En el circo donde sirvió de atracción desde su nacimiento, el llamaban “Greco”, pero en el Zoológico los veterinarios lo llaman el “Costeño”, en alusión al lugar donde el MARN junto a otras instituciones lo decomisaron el lunes pasado.
El jaguar de 1.20 metros de largo y 40 kilos de peso, ahora habita en el mismo lugar que dejó Yuma, el jaguar hembra que falleció en noviembre del año pasado debido a la vejez.
Los medicamentos que le suministran los veterinarios ya comienzan hacer efecto en las laceraciones que tiene en la pata derecha de adelante y en otras heridas esparcidas en el cuerpo. El apetito felino aflora ante un trozo de pollo crudo que se traga casi en dos mordiscos.
Los resultados de los exámenes de sangre realizados al animal dibujaron el mapa de las condiciones de vida que esta bestia llevaba en el Circo. Pasaba largos períodos sin alimentación ni agua y el arco que se ha formado en su espalda, evidencia que estaba confinado en un lugar pequeño y que pasaba la mayoría del tiempo echado.

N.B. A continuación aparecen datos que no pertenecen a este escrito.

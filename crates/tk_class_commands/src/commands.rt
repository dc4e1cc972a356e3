//! What the commands do.
ghost use Rattle.std.specs.Prelude.{◌≡◌, IfOk};
ghost use Rattle.tk_class_commands.specs.Commands as spec;
ghost use Rattle.tk_class_commands.specs.Outcomes.{done};
ghost use Rattle.tk_class_commands.specs.Steps.{IsRequested};
ghost use Rattle.tk_inputs.specs.Shared.{arrivals_of};
ghost use Rattle.tk_inputs.specs.Shared as inputs_of;
ghost use Rattle.tk_dispatch.specs.Queue as queue_of;
ghost use Rattle.tk_screen.specs.Shared.{LeavesOthers, own_of};

use crate::buttons::act;
use crate::entries::entry_asked;
use crate::listboxes::listbox_asked;
use crate::outcome::ClassOutcome;
use crate::requests::{ClassRequest, ClassTarget, target_in};
use crate::table::ClassCommand;
use std::alloc::{AllocError, Global};
use tcl_text::Text;
use tcl_text::answers::Refusal;
use tcl_vars::Scopes;
use tk_base::Win;
use tk_dispatch::EventQueue;
use tk_inputs::Inputs;
use tk_screen::Screen;
use tk_widgets::WidgetAct;

/// What one does, from the words behind its name, at a moment in milliseconds. Errors are a wrong number of words (no number), a path that no
/// window of the class has (24), a word that is no integer (1), no way and no step (no number), and a variable that can't be set; then nothing is
/// changed.
#[tactic(auto, unfolding(crate::specs::Commands::class_command_done))]
pub fn class_command_done(
    alloc: Global,
    screen: &mut Screen,
    inputs: &mut Inputs,
    queue: &mut EventQueue,
    scopes: &mut Scopes,
    slot: usize,
    moment: u64,
    command: &ClassCommand,
    words: &[Text],
) -> Result<ClassOutcome, AllocError>
    ensures own { IfOk result (λ outcome. done (own_of slot screen.new) (arrivals_of slot inputs.new queue.new) scopes.new outcome
        ≡ spec.class_command_done command.now words.now moment (own_of slot screen.old) (arrivals_of slot inputs.old queue.old) scopes.old) }
    ensures screen { LeavesOthers slot screen.old screen.new }
    ensures inputs { inputs_of.LeavesOthers slot inputs.old inputs.new }
    ensures queue { queue_of.LeavesOthers slot queue.old queue.new }
{
    let target = target_in(alloc, screen, slot, command, words);
    requested(alloc, screen, inputs, queue, scopes, slot, moment, target)
}

/// What is done to the widget, if there is one.
fn requested(
    alloc: Global,
    screen: &mut Screen,
    inputs: &mut Inputs,
    queue: &mut EventQueue,
    scopes: &mut Scopes,
    slot: usize,
    moment: u64,
    target: Result<ClassTarget, Refusal>,
) -> Result<ClassOutcome, AllocError>
    ensures own { IfOk result (λ outcome. IsRequested moment target (own_of slot screen.old) (arrivals_of slot inputs.old queue.old) scopes.old
        (done (own_of slot screen.new) (arrivals_of slot inputs.new queue.new) scopes.new outcome)) }
    ensures screen { LeavesOthers slot screen.old screen.new }
    ensures inputs { inputs_of.LeavesOthers slot inputs.old inputs.new }
    ensures queue { queue_of.LeavesOthers slot queue.old queue.new }
{
    match target {
        Ok(ClassTarget { number, request }) => {
            let win = Win {
                owner: slot,
                number,
            };
            asked(alloc, screen, inputs, queue, scopes, win, moment, request)
        }
        Err(Refusal::Error(text)) => Ok(ClassOutcome::Acts(WidgetAct::Fault(text))),
        Err(Refusal::NoMemory) => Err(AllocError),
    }
}

/// What is done to a widget.
fn asked(
    alloc: Global,
    screen: &mut Screen,
    inputs: &mut Inputs,
    queue: &mut EventQueue,
    scopes: &mut Scopes,
    win: Win,
    moment: u64,
    request: ClassRequest,
) -> Result<ClassOutcome, AllocError>
    ensures own { IfOk result (λ outcome. done (own_of win.owner screen.new) (arrivals_of win.owner inputs.new queue.new) scopes.new outcome
        ≡ spec.asked win.number moment request (own_of win.owner screen.old) (arrivals_of win.owner inputs.old queue.old) scopes.old) }
    ensures screen { LeavesOthers win.owner screen.old screen.new }
    ensures inputs { inputs_of.LeavesOthers win.owner inputs.old inputs.new }
    ensures queue { queue_of.LeavesOthers win.owner queue.old queue.new }
{
    match request {
        ClassRequest::Button(request) => act(alloc, screen, inputs, win, request),
        ClassRequest::Entry(request) => {
            entry_asked(alloc, screen, inputs, queue, scopes, win, moment, request)
        }
        ClassRequest::Listbox(request) => {
            listbox_asked(alloc, screen, inputs, queue, win, moment, request)
        }
    }
}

El jaguar “Greco” o “Costeño” llegó a llenar el espacio que dejo Yuma y a completar la colección felina del Zoológico. Ahora es vecino del puma o león americano, ocelote, tigrillo y gato sonto.
Esta especie en El Salvador está extinta de manera salvaje y solo puede verse en cautiverio por lo que en el caso de “Costeño” estar en el Parque permite a los salvadoreños conocer sobre esta especie.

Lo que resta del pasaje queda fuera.